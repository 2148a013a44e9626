//! How many outputs of each kind were told.

use venue_model::{
    CxlRejReason, CxlRejResponseTo, ExecType, ExecutionReport, OrdRejReason, OrderCancelReject,
    Output, Report,
};

/// How many kinds there are.
const KINDS: usize = 17;

/// For each kind how many outputs of it were told.
#[derive(Drop)]
pub struct Tally {
    counts: [u64; KINDS],
}

impl Tally {
    pub fn new() -> Tally {
        Tally { counts: [0; KINDS] }
    }

    pub fn count(&mut self, out: &[Output]) {
        for output in out {
            if let Some(count) = self.counts.get_mut(kind_of(&output.report)) {
                *count = count.wrapping_add(1);
            }
        }
    }

    /// How often the rarest kind was told.
    pub fn least(&self) -> u64 {
        let mut least = u64::MAX;
        for count in &self.counts {
            least = least.min(*count);
        }
        least
    }
}

fn kind_of(report: &Report) -> usize {
    match report {
        Report::Exec(report) => exec_kind(report),
        Report::CancelReject(reject) => reject_kind(reject),
        Report::SessionReject(_) => 16,
    }
}

/// The kind of an execution report, 0 to 9.
fn exec_kind(report: &ExecutionReport) -> usize {
    let is_market = report.order.is_market;
    match report.exec_type {
        ExecType::New => 0,
        ExecType::Trade { .. } if is_market => 1,
        ExecType::Trade { .. } => 2,
        ExecType::Canceled {
            orig_cl_ord_id: Some(_),
        } => 3,
        ExecType::Canceled { .. } if is_market => 4,
        ExecType::Canceled { .. } => 5,
        ExecType::Replaced { .. } => 6,
        ExecType::Rejected { reason } => match reason {
            OrdRejReason::BookFull => 7,
            OrdRejReason::UnknownSymbol => 8,
            OrdRejReason::DuplicateOrder => 9,
        },
    }
}

/// The kind of a refused cancel or replace, 10 to 15.
fn reject_kind(reject: &OrderCancelReject) -> usize {
    let reason = match reject.reason {
        CxlRejReason::UnknownOrder => 0,
        CxlRejReason::BrokerOption => 1,
        CxlRejReason::DuplicateClOrdId => 2,
    };
    match reject.response_to {
        CxlRejResponseTo::Cancel => 10 + reason,
        CxlRejResponseTo::CancelReplace => 13 + reason,
    }
}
====
=== Problem to solve ===
Filter this listing and copy only the lines holding the word "match".

=== The completed task ===
    match report {
    match report.exec_type {
        ExecType::Rejected { reason } => match reason {
    let reason = match reject.reason {
    match reject.response_to {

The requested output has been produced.